10:30 AM - 11:50 AM
Course ID
Spring 2018

The past decade has witnessed an explosion in the collection of ‘big data,’ and the sophistication and accessibility of the tools required to analyze those data. This has spurred government agencies and policy analysts to embrace novel, data-driven approaches to policy creation and evaluation.

This is an introductory course in programming and data analysis for public policy students with no prior coding experience; it is the first in Harris’s new data science sequence. It is for anyone who wants to gather, explore, and share raw quantitative data – or work with others who do.

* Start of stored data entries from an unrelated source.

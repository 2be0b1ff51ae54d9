//! With which byte a viewer fails, and how many bytes it has used then. The numbers were counted by
//! hand in the tables of RFC 6143: the handshake has 40 bytes, the head of an update 4, that of a
//! rectangle 12. Bytes follow each fault.

use super::*;
use crate::ViewerFault;
use std::test::Fail;

// What follows the handshake, the byte of the fault, and the fault.
const STREAMS: &[(&[u8], u64, ViewerFault)] = &[
    // A message of type 9.
    (b"\x02\x09\0\0\0", 42, ViewerFault::UnknownMessage(9)),
    // RRE with a number and a background, 5 bytes, and a subrectangle, 9, that leaves it.
    (
        b"\0\0\0\x01\0\0\0\0\0\x02\0\x01\0\0\0\x02\0\0\0\x01\x10\x20\0\x02\0\0\0\x01\0\x01\0\0",
        70,
        ViewerFault::SubrectOutside,
    ),
    // A rectangle that leaves the screen.
    (
        b"\0\0\0\x01\0\x01\0\0\0\x02\0\x01\0\0\0\0\0\0\0",
        56,
        ViewerFault::RectOutside,
    ),
    // CopyRect, whose source has 4 bytes.
    (
        b"\0\0\0\x01\0\0\0\0\0\x02\0\x01\0\0\0\x01\0\x01\0\0\0\0",
        60,
        ViewerFault::SourceOutside,
    ),
    // A mask without a background.
    (
        b"\0\0\0\x01\0\0\0\0\0\x02\0\x01\0\0\0\x05\0\0\0\0",
        57,
        ViewerFault::NoBackground,
    ),
];

// The fault of bytes in slices of a size, and how many bytes were used then.
fn fault_of(viewer: &mut Viewer, bytes: &[u8], size: usize) -> Option<(ViewerFault, u64)> {
    let mut rest = bytes;
    for _ in 0..bytes.len() {
        let slice = rest.get(..size).unwrap_or(rest);
        match viewer.feed(slice) {
            Ok(fed) => rest = rest.get(fed.used..).unwrap_or_default(),
            Err(fault) => return Some((fault, viewer.taken())),
        }
    }
    None
}

#[test]
fn a_fault_has_its_byte_whatever_the_slices(rt: HostRuntime) -> Result<(), Fail> {
    for (bytes, count, fault) in STREAMS {
        for size in [1, 2, 3, 7, 64] {
            let mut viewer = ready(rt.alloc(), Format::bgr233(), HELLO_2_BY_1);
            assert_eq!(rt; viewer.taken(), 40);
            assert!(rt; fault_of(&mut viewer, bytes, size) == Some((*fault, *count)));
            assert!(rt; viewer.feed(b"\x02").is_err() && viewer.taken() == *count);
        }
    }
    Ok(())
}
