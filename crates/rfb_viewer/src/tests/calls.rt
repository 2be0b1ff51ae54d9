//! Calls of a viewer's owner: the bytes to be sent, and when they are refused.

mod during;
mod values;

use super::play::{
    Call, Step, are_right, fault_at, format_fault, plays_at_rgb888, request_fault, shows_row,
};
use super::*;
use crate::{CallFault, TextFault};
use rfb_picture::Rect;

// All of a screen of 1 by 1, and of 2 by 1.
const ONE: Rect = Rect {
    x: 0,
    y: 0,
    w: 1,
    h: 1,
};

const TWO: Rect = Rect { w: 2, ..ONE };

// Whether all calls are refused, each with `NotReady`, and a text's buffer stays as it was.
fn refuses_all(viewer: &mut Viewer, alloc: Global) -> bool {
    let mut out = Vec::new(alloc);
    request_fault(viewer, Rect { w: 0, ..ONE }) == Some(CallFault::NotReady)
        && format_fault(viewer) == Some(CallFault::NotReady)
        && viewer.set_encodings(ArrayVec::new()).err() == Some(CallFault::NotReady)
        && viewer.key(true, 1).err() == Some(CallFault::NotReady)
        && viewer.pointer(1, 2, 3).err() == Some(CallFault::NotReady)
        && viewer.cut_text(b"A", &mut out) == Err(TextFault::NotReady)
        && out.is_empty()
}

// Whether all calls wait for the end of the handshake.
fn wait_for_the_end(viewer: &mut Viewer, alloc: Global) -> bool {
    let mut good = true;
    for byte in HELLO_1_BY_1.chunks(1) {
        good &= refuses_all(viewer, alloc) && !viewer.between() && taken(viewer, byte) == 1;
    }
    good && viewer.between() && !refuses_all(viewer, alloc)
}

fn calls_wait(alloc: Global) -> bool {
    let mut viewer = viewer(alloc, Format::rgb888(), Version::V38);
    wait_for_the_end(&mut viewer, alloc)
}

#[test]
fn calls_wait_for_the_end_of_the_handshake(rt: HostRuntime) {
    assert!(rt; calls_wait(rt.alloc()));
}

// Whether the viewer fails at these bytes after a request, and then refuses all calls and shows its
// picture still.
fn is_failed_by(viewer: &mut Viewer, alloc: Global, bytes: &[u8]) -> bool {
    request_fault(viewer, ONE).is_none()
        && fault_at(viewer, bytes).is_some()
        && refuses_all(viewer, alloc)
        && !viewer.between()
        && viewer.pending() == 0
        && shows_row(viewer, &[BLACK])
}

fn refuses_when_failed(alloc: Global) -> bool {
    let mut viewer = ready(alloc, Format::rgb888(), HELLO_1_BY_1);
    is_failed_by(&mut viewer, alloc, &[0xFF])
}

#[test]
fn a_failed_viewer_refuses_all_calls(rt: HostRuntime) {
    assert!(rt; refuses_when_failed(rt.alloc()));
}

const LISTED: &[Encoding] = &[
    Encoding::Hextile,
    Encoding::CopyRect,
    Encoding::Raw,
    Encoding::Rre,
];

const MESSAGES: &[Step<'static>] = &[
    Step::Send(Call::Key(true, 0xFF0D), b"\x04\x01\0\0\0\0\xFF\x0D"),
    Step::Send(Call::Key(false, 0x61), b"\x04\0\0\0\0\0\0a"),
    Step::Send(
        Call::Pointer(5, 0x1234, 0x5678),
        b"\x05\x05\x12\x34\x56\x78",
    ),
    Step::Send(
        Call::List(LISTED),
        b"\x02\0\0\x04\0\0\0\x05\0\0\0\x01\0\0\0\0\0\0\0\x02",
    ),
    Step::Send(Call::List(&[]), b"\x02\0\0\0"),
    Step::Send(
        Call::SetRgb565,
        b"\0\0\0\0\x10\x10\0\x01\0\x1F\0\x3F\0\x1F\x0B\x05\0\0\0\0",
    ),
    Step::Send(Call::Request(false, TWO), b"\x03\0\0\0\0\0\0\x02\0\x01"),
];

#[test]
fn calls_are_their_messages(rt: HostRuntime) {
    assert!(rt; plays_at_rgb888(rt.alloc(), HELLO_2_BY_1, MESSAGES));
}

// Whether a text is appended after what the buffer has.
fn appends(viewer: &Viewer, alloc: Global) -> bool {
    let mut out = Vec::new(alloc);
    let first = viewer.cut_text(b"ABCDE", &mut out).is_ok();
    let alone = out.as_slice() == b"\x06\0\0\0\0\0\0\x05ABCDE".as_slice();
    let second = viewer.cut_text(b"", &mut out).is_ok();
    let after = out.as_slice() == b"\x06\0\0\0\0\0\0\x05ABCDE\x06\0\0\0\0\0\0\0".as_slice();
    first && alone && second && after
}

fn appends_texts(alloc: Global) -> bool {
    let viewer = ready(alloc, Format::rgb888(), HELLO_2_BY_1);
    appends(&viewer, alloc)
}

#[test]
fn a_text_is_appended_to_what_is_to_be_sent(rt: HostRuntime) {
    assert!(rt; appends_texts(rt.alloc()));
}

// Where the buffer cannot grow, the call says so, and it stays as it was. Where memory was wanting
// in the handshake, no text is taken.
fn keeps_or_appends(viewer: &Viewer, out: &mut Vec<u8>) -> bool {
    match viewer.cut_text(b"ABCDE", out) {
        Ok(()) => out.as_slice() == b"Z\x06\0\0\0\0\0\0\x05ABCDE".as_slice(),
        Err(TextFault::NoMemory) => out.as_slice() == b"Z".as_slice(),
        Err(TextFault::NotReady) => !viewer.between(),
    }
}

fn keeps_the_buffer(alloc: Global, out: &mut Vec<u8>) -> bool {
    let viewer = ready(alloc, Format::rgb888(), HELLO_2_BY_1);
    keeps_or_appends(&viewer, out)
}

#[test]
fn a_text_without_memory_leaves_the_buffer(rt: HostRuntime) -> Result<(), AllocError> {
    let mut out = vec![in rt.alloc(); b'Z']?;
    assert!(rt; keeps_the_buffer(rt.alloc(), &mut out));
    Ok(())
}

const OUTSIDE: &[Rect] = &[
    Rect { w: 0, ..ONE },
    Rect { h: 0, ..ONE },
    Rect { w: 3, ..ONE },
    Rect { x: 2, ..ONE },
    Rect { y: 1, ..ONE },
    Rect {
        x: 1,
        w: 0xFFFF,
        ..ONE
    },
];

// Whether a request for each area outside is refused so.
fn refuses_each(viewer: &mut Viewer, wanted: CallFault) -> bool {
    let mut good = true;
    for rect in OUTSIDE {
        good &= request_fault(viewer, *rect) == Some(wanted);
    }
    good
}

// Whether that is so before a request and after it.
fn refuses_areas(viewer: &mut Viewer) -> bool {
    refuses_each(viewer, CallFault::AreaOutside)
        && are_right(viewer, &[Step::Ask(TWO, None)])
        && refuses_each(viewer, CallFault::Busy)
}

fn judges_areas_last(alloc: Global) -> bool {
    let mut viewer = ready(alloc, Format::rgb888(), HELLO_2_BY_1);
    refuses_areas(&mut viewer)
}

#[test]
fn an_area_is_judged_last(rt: HostRuntime) {
    assert!(rt; judges_areas_last(rt.alloc()));
}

The course has three goals:

(1) We will first introduce students to the tools required to write and share code: text editors, the command line, the python shell, and version control (git).

(2) Students will be asked to "think algorithmically," translating self-contained questions into python programs.  We will cover the fundamentals of the language including types, control, functions, input/output, and scripts. We will touch on debugging and (time-permitting) computability.

(3) We will then cover tools and recipes for retrieving, cleaning, visualizing, and analyzing data.

  • Data science libraries: manipulating data with pandas, plotting with matplotlib and plotly, and running basic statistical and geographical analysis (GIS). The pandas structures resemble R, and are a useful groundwork for the second course in this series.
  • Relational databases (SQL): selecting and aggregating data from databases.
  • Web scraping and APIs: how to retrieve and use public data from the web.

Ultimately, students should be comfortable using what they’ve learned in further Harris/Chicago courses in programming and statistics (incl. Policy Lab) – and in research after leaving Harris. They should be confident independently finding and exploring new packages for those projects. They should know enough to productively collaborate on projects with engineers, and understand the potential of such work.